Fortunately, the new Web-based tools allow managers to see who is actually using the process on a daily basis. The Fort Hill Company, founded by Cal Wick, has built software so that managers can track action item completion and training follow-through by individual, complete with dashboard and graphics.
“You need to check-up periodically and let them know that you are looking. A quick e-mail or some online feedback will put them on notice that you are checking and that you expect execution,” Wick says.
According to Wick:
Up until now, most training programs concentrated exclusively on what happened in the classroom. What happened afterwards was a “black hole.” In fact, what usually happened was something like this: Sales training put on a course to teach new skills and approaches to optimizing the sales process. In the concluding session, attendees were asked to write a goal for applying what they had just learned. They did. Then they put it in their notebooks, put the notebook on the shelf, and went back to doing what they had done before.
Technology is changing that.
As with the other technologies we discuss, a followthrough system alone is not a solution. To maximize the value of follow-through management technologies, managers and training professionals need to pay attention to what is going on. They need to use the system to track behavior and provide encouragement, recognition, or correction as necessary.
When that is done, postcourse follow-through technology increases the impact of sales training and the value companies realize as a result.

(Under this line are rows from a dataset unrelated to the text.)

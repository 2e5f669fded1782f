//! The text of names (RFC 1035, 5.1), gathered so that it is written in one call.

ghost use Rattle.std.specs.Prelude.{◌≡◌, ◌+◌, ◌*◌, ◌-◌, ◌<◌, ◌≤◌, ◌++◌, ◌∷◌, [], Some, length};
ghost use Rattle.std.specs.Prelude.{take};
ghost use Rattle.std.specs.Str.{IsAscii};
ghost use Rattle.std.specs.Fmt.{DisplaysOnOk};
ghost use Rattle.names_wire.specs.Text.{text_of_octet, text_of_label, text_of_relative};
ghost use Rattle.names_labels.specs.Flat.{labels_in, IsRun};
ghost use Rattle.names_wire.specs.Label.{octets_of};
ghost use Rattle.names_wire.specs.Symbols.{is_plain};
ghost use Rattle.names_labels.specs.Dotted.{dotted};

use crate::flat::split_label;
use names_wire::label::Label;
use std::marker::Model;
use std::{fmt, str};

/// Characters of the labels of a name, with a dot behind each label: at most four for each octet.
#[derive(Drop)]
pub struct NameText {
    characters: [u8; 1024],
    len: usize,
}

impl Model for NameText {
    ghost use Rattle.std.specs.Prelude.{List, ℕ, ◌≤◌, take};
    ghost use Rattle.std.specs.Str.{IsAscii};

    ghost Value = { List ℕ };

    ghost view = { λ t. take t.len t.characters };

    ghost invariant = { λ t. (t.len ≤ 1024) × IsAscii (take t.len t.characters) };
}

impl NameText {
    /// No characters.
    pub fn new() -> NameText
        ensures { result ≡ [] }
    {
        NameText {
            characters: [0; 1024],
            len: 0,
        }
    }

    /// Appends a label and a dot.
    pub fn push_label(&mut self, label: Label<'_>)
        requires { length self.old + 4 * length (octets_of label) < 1024 }
        ensures { self.new ≡ self.old ++ (text_of_label (octets_of label.entry) ++ 46 ∷ []) }
    {
        self.len = write_label(&mut self.characters, self.len, label.as_slice());
    }

    /// The characters.
    pub fn as_str(&self) -> &str
        ensures { result.now ≡ self.now }
    {
        // Each character is an ASCII one.
        unsafe { str::from_utf8_unchecked(&self.characters[..self.len]) }
    }

    /// The characters but the last, which is a dot.
    pub fn without_last_dot(&self) -> &str
        requires { 0 < length self.now }
        ensures { result.now ≡ take (length self.now - 1) self.now }
    {
        without_last(&self.characters[..self.len])
    }
}

/// Characters but the last one.
fn without_last(characters: &[u8]) -> &str
    requires ascii { IsAscii characters.now }
    requires some { 0 < length characters.now }
    ensures { result.now ≡ take (length characters.now - 1) characters.now }
{
    unsafe { str::from_utf8_unchecked(&characters[..characters.len() - 1]) }
}

/// Writes the labels of a row with a dot between each two. Short names are gathered in a small
/// buffer, since a buffer is first filled with zeros.
pub fn write_labels<W: fmt::Write>(f: &mut fmt::Formatter<W>, run: &[u8]) -> fmt::Result
    requires run { IsRun run.now }
    requires short { length run.now ≤ 255 }
    requires some { 0 < length (labels_in run.now) }
    ensures { let text = text_of_relative (labels_in run.now) in
        DisplaysOnOk W.write_str_gives f.old result (Some text) f.new }
{
    if run.len() <= 48 {
        return write_labels_in::<192, W>(f, run);
    }
    write_labels_in::<1024, W>(f, run)
}

/// Writes the labels of a row with a dot between each two, through a buffer of `SIZE` characters.
fn write_labels_in<const SIZE: usize, W: fmt::Write>(
    f: &mut fmt::Formatter<W>,
    run: &[u8],
) -> fmt::Result
    requires run { IsRun run.now }
    requires room { 4 * length run.now ≤ SIZE }
    requires few { SIZE ≤ 1024 }
    requires some { 0 < length (labels_in run.now) }
    ensures { let text = text_of_relative (labels_in run.now) in
        DisplaysOnOk W.write_str_gives f.old result (Some text) f.new }
{
    let mut characters = [0; SIZE];
    let end = write_run(&mut characters, run);
    f.write_str(without_last(&characters[..end]))
}

/// Writes the labels of a row, with a dot behind each, and returns the place behind them.
fn write_run(characters: &mut [u8], run: &[u8]) -> usize
    requires run { IsRun run.now }
    requires room { 4 * length run.now ≤ length characters.old }
    ensures text { take result characters.new ≡ dotted (labels_in run.now) }
    ensures end { result ≡ length (dotted (labels_in run.now)) }
    ensures within { result ≤ length characters.new }
    ensures ascii { IsAscii (dotted (labels_in run.now)) }
{
    let (mut rest, mut end) = (run, 0);
    while let Some((label, behind)) = split_label(rest) {
        end = write_label(characters, end, label.as_slice());
        rest = behind;
    }
    end
}

/// Writes the text of a label and a dot from a place on, and returns the place behind it.
fn write_label(characters: &mut [u8], place: usize, label: &[u8]) -> usize
    requires { place + 4 * length label.now < length characters.old }
    ensures text { let text = text_of_label label.now ++ 46 ∷ [] in
        take result characters.new ≡ take place characters.old ++ text }
    ensures end { result ≡ place + (length (text_of_label label.now) + 1) }
    ensures within { result ≤ length characters.new }
    ensures ascii { IsAscii (text_of_label label.now ++ 46 ∷ []) }
{
    let end = write_octets(characters, place, label);
    write_character(characters, end, b'.');
    end + 1
}

/// Writes the text of the octets of a label from a place on, and returns the place behind it.
fn write_octets(characters: &mut [u8], place: usize, octets: &[u8]) -> usize
    requires { place + 4 * length octets.now ≤ length characters.old }
    ensures text { let text = text_of_label octets.now in
        take result characters.new ≡ take place characters.old ++ text }
    ensures end { result ≡ place + length (text_of_label octets.now) }
    ensures ascii { IsAscii (text_of_label octets.now) }
{
    let mut end = place;
    for octet in octets {
        end = write_octet(characters, end, *octet);
    }
    end
}

/// Writes the text of an octet from a place on, and returns the place behind it.
fn write_octet(characters: &mut [u8], place: usize, octet: u8) -> usize
    requires { place + 4 ≤ length characters.old }
    ensures text { take result characters.new ≡ take place characters.old ++ text_of_octet octet }
    ensures end { result ≡ place + length (text_of_octet octet) }
    ensures ascii { IsAscii (text_of_octet octet) }
{
    if is_plain(octet) {
        write_character(characters, place, octet);
        return place + 1;
    }
    write_character(characters, place, b'\\');
    if matches!(octet, b' ' | b'.' | b'\\') {
        write_character(characters, place + 1, octet);
        return place + 2;
    }
    let (tens, hundreds) = (octet / 10, octet / 100);
    write_character(characters, place + 1, b'0' + hundreds);
    write_character(characters, place + 2, b'0' + (tens - hundreds * 10));
    write_character(characters, place + 3, b'0' + (octet - tens * 10));
    place + 4
}

fn write_character(characters: &mut [u8], place: usize, character: u8)
    requires { place < length characters.old }
    ensures { take (place + 1) characters.new ≡ take place characters.old ++ character ∷ [] }
{
    characters[place] = character;
}

/// Whether an octet is printed as itself: any from `!` to `~` but the dot and the backslash. Small
/// letters are tested first, since most octets are small letters.
fn is_plain(octet: u8) -> bool
    ensures { result ≡ is_plain octet }
{
    matches!(octet, b']'..=b'~') || (matches!(octet, b'!'..=b'[') && octet != b'.')
}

Moreover, adoption needs to be incorporated into comp plans and performance reviews of all managers for it to really stick.
One of Cal’s clients, AstraZeneca wanted to increase the amount of coaching its sales managers did, so it ran a program called “Breakthrough Coaching” but did nothing to ensure that managers followed up on what they had learned. Not surprisingly, not much changed in the field.
So the company went back to the drawing board and developed “Breakthrough Coaching II.” The big difference this time was that the company put a rigorous system of follow-through in place to make sure that what was taught was used.
Every manager who attended the program was required (1) to set two goals for improving their coaching and (2) to report on progress five times over a 10-week period. Area and regional managers had access to the follow-through technology so that they could see who was doing what they were asked and who was getting results.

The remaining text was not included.